- Promotional poster
- Directed by: V. Nagaraj
- Written by: Shamsul Cairel Abdul Karim
- Starring: Awie; Jeslina Hashim; Hetty Sarlene; Jalaluddin Hassan; Bob Lokman; Radhi Khalid;
- Cinematography: Akmal Aki
- Edited by: Elias Maidin
- Music by: Shamsul Cairel Abdul Karim
- Production company: SV Production
- Release date: 27 February 2003;
- Running time: 110 minutes
- Country: Malaysia
- Language: Malay

= Iskandar (film) =

Iskandar is a 2003 Malaysian Malay-language action film directed by V. Nagaraj and starring Awie and Jeslina Hashim.

==Plot==
Karl Iskandar (Awie), son of Tan Sri Hisham Al-Bakri (Jalaluddin Hassan), returns to Malaysia to take over his father's company. Soon after, the head of another company, Vincent Cheah, is killed; Iskandar discovers that the two companies had a shady business dealings. Meanwhile, Iskandar begins falling in love with Amira (Jeslina Hashim), a waitress at a bar run by the gangster Ringgo (Bob Khairul); this upsets his father, who intends for Iskandar to marry Alissa (Hetty Sarlene), who is of the same social standing.

Iskandar later discovers that his father knew of the dirty dealings and ordered Ringgo to kill Cheah. To silence Hisham, Ringgo plans to kill him but Amira overhears this and when Ringgo knows they also kidnapped Amira. Iskandar was able to save Amira and stop Ringgo before the gangster can kill his father.

==Production==
Iskandar was directed by V. Nagaraj, who had previously directed Ghazal untuk Rabiah (Ghazal for Rubiah) and Getaran (Shaking).

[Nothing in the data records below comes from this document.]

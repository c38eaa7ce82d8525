//! The commands on objects.
ghost use Rattle.std.specs.Prelude.{◌≡◌, ◌≢◌, ◌≤◌, ◌+◌, min, length, Option};
ghost use Rattle.memory.specs.Objects.{object_bytes};
ghost use Rattle.world.specs.declared.events.Event.{Event};
ghost use Rattle.world.specs.declared.events.ObjectCommand.{ObjectCommand};
ghost use Rattle.world.specs.declared.world.moving.Move.{Move};
ghost use Rattle.world.specs.declared.replies.Reply.{Reply};
ghost use Rattle.bpfagent_c.specs.Codes.{code_of};
ghost use Rattle.bpfagent_c.specs.Commanded.{Commanded, RepliesNumber};
ghost use Rattle.bpfagent_c.specs.Shown.{made_of, bytes_of};

use crate::codes::{code_of, code_of_denied};
use crate::handle::{Agent, give, take};
use crate::numbers::{BAD, NOAGENT, NOMEM, OK};
use crate::telling::{command, tell_move, tell_object};
use memory::OBJECT_BYTES;
use std::alloc::Global;
use world::{Event, Move, ObjectCommand, ObjectLength, Reply};

/// One byte more than any object has: for more a command asks for so many.
const TOO_MANY: usize = OBJECT_BYTES + 1;

/// Makes an object.
#[unsafe(no_mangle)]
pub extern "C" fn bpfagent_make(
    alloc: Global,
    agent: &mut Agent,
    length: u64,
    object: &mut u32,
) -> u32
    ensures replied { (1 ≤ length) × (length ≤ object_bytes)
        → (given : Option Reply) × Commanded agent.old (Event.Make length) given agent.new × (result ≡ code_of given)
        × (object.new ≡ made_of given object.old) }
    ensures bad { ((1 ≤ length) × (length ≤ object_bytes) → ⊥) → (result ≡ BAD) × (agent.new ≡ agent.old) × (object.new ≡ object.old) }
{
    let Some(length) = ObjectLength::new(length) else {
        return BAD;
    };
    let given = command(agent, alloc, Event::Make { length });
    if let Some(Reply::Made { object: number }) = &given {
        *object = *number;
    }
    code_of(&given)
}

/// Frees an object.
#[unsafe(no_mangle)]
pub extern "C" fn bpfagent_free(alloc: Global, agent: &mut Agent, object: u32) -> u32
    ensures { RepliesNumber agent.old (Event.Object object ObjectCommand.Free) result agent.new }
{
    tell_object(agent, alloc, object, ObjectCommand::Free)
}

/// An object begins to leave.
#[unsafe(no_mangle)]
pub extern "C" fn bpfagent_leave(alloc: Global, agent: &mut Agent, object: u32) -> u32
    ensures { RepliesNumber agent.old (Event.Object object (ObjectCommand.Move Move.Leave)) result agent.new }
{
    tell_move(agent, alloc, object, Move::Leave)
}

/// An object that is leaving is put in the far store.
#[unsafe(no_mangle)]
pub extern "C" fn bpfagent_left(alloc: Global, agent: &mut Agent, object: u32) -> u32
    ensures { RepliesNumber agent.old (Event.Object object (ObjectCommand.Move Move.Left)) result agent.new }
{
    tell_move(agent, alloc, object, Move::Left)
}

/// An object that is far begins to return.
#[unsafe(no_mangle)]
pub extern "C" fn bpfagent_return(alloc: Global, agent: &mut Agent, object: u32) -> u32
    ensures { RepliesNumber agent.old (Event.Object object (ObjectCommand.Move Move.Return)) result agent.new }
{
    tell_move(agent, alloc, object, Move::Return)
}

/// An object that is returning is got from the far store.
#[unsafe(no_mangle)]
pub extern "C" fn bpfagent_returned(alloc: Global, agent: &mut Agent, object: u32) -> u32
    ensures { RepliesNumber agent.old (Event.Object object (ObjectCommand.Move Move.Returned)) result agent.new }
{
    tell_move(agent, alloc, object, Move::Returned)
}

/// Writes bytes into an object.
fn put(agent: &mut Agent, alloc: Global, object: u32, offset: u32, bytes: &[u8]) -> Option<Reply>
    ensures { Commanded agent.old (Event.Object object (ObjectCommand.Put offset bytes.now)) result agent.new }
{
    let mut world = take(agent, alloc)?;
    let reply = world.put(object, offset, bytes);
    give(agent, alloc, world);
    Some(reply)
}

/// Writes bytes into an object.
#[unsafe(no_mangle)]
pub extern "C" fn bpfagent_put(
    alloc: Global,
    agent: &mut Agent,
    object: u32,
    offset: u32,
    bytes: &[u8],
) -> u32
    ensures { RepliesNumber agent.old (Event.Object object (ObjectCommand.Put offset bytes.now)) result agent.new }
{
    let given = put(agent, alloc, object, offset, bytes);
    code_of(&given)
}

/// Copies bytes of an object over these, as many as they are, and tells the number of the reply.
fn get(agent: &mut Agent, alloc: Global, object: u32, offset: u32, bytes: &mut [u8]) -> u32
    ensures replied { (given : Option Reply) × Commanded agent.old (Event.Object object (ObjectCommand.Get offset (length bytes.old))) given agent.new
        × (result ≡ code_of given) × (bytes.new ≡ bytes_of given bytes.old) }
    ensures memory { result ≢ NOMEM }
{
    let Some(world) = take(agent, alloc) else {
        return NOAGENT;
    };
    let number = match world.read(object, offset, bytes) {
        Ok(()) => OK,
        Err(why) => code_of_denied(why),
    };
    give(agent, alloc, world);
    number
}

/// Reads bytes of an object: as many as there is room for.
#[unsafe(no_mangle)]
pub extern "C" fn bpfagent_get(
    alloc: Global,
    agent: &mut Agent,
    object: u32,
    offset: u32,
    bytes: &mut [u8],
) -> u32
    ensures replied { (given : Option Reply) × Commanded agent.old
        (Event.Object object (ObjectCommand.Get offset (min (length bytes.old) (object_bytes + 1)))) given agent.new
        × (result ≡ code_of given) × (bytes.new ≡ bytes_of given bytes.old) }
    ensures memory { result ≢ NOMEM }
{
    let count = bytes.len().min(TOO_MANY);
    get(agent, alloc, object, offset, &mut bytes[..count])
}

Malaysian rock singer Awie was cast in the leading role; he also served as fight coordinator. Malaysia-based Singaporean singer Hetty Sarlene was cast as Alissa, Iskandar's would-be wife; Iskandar marked her feature-film debut. Sarlene, who was forced to audition by her mother, stated that working under Awie was originally frightening, but she was later able to relax. Other cast members included Jalaluddin Hassan, Farouk Hussain, Bob Lokman, Radhi Khalid, Bob Khairul and Aleeza Kasim.

The film featured "Sangsi Asmara" ("Doubting Love"), a single Sarlene released in October 2001.

==Release and reception==
Iskandar was released on 27 February 2003 the second Malaysian film released in 2003. It was marketed as an action comedy.

Moer Shariman, writing for The Malay Mail, opined that Iskandar was better than Getaran and "all the ingredients of a successful Malay film made 10 years" before, but noted that it lacked focus and ultimately became a "'genre-less' flick". In the New Straits Times, Sharifah Arfah gave the film a scathing review, writing that the film had "nothing but two-dimensional characters, a flimsy plot, patchy editing and nauseating jokes."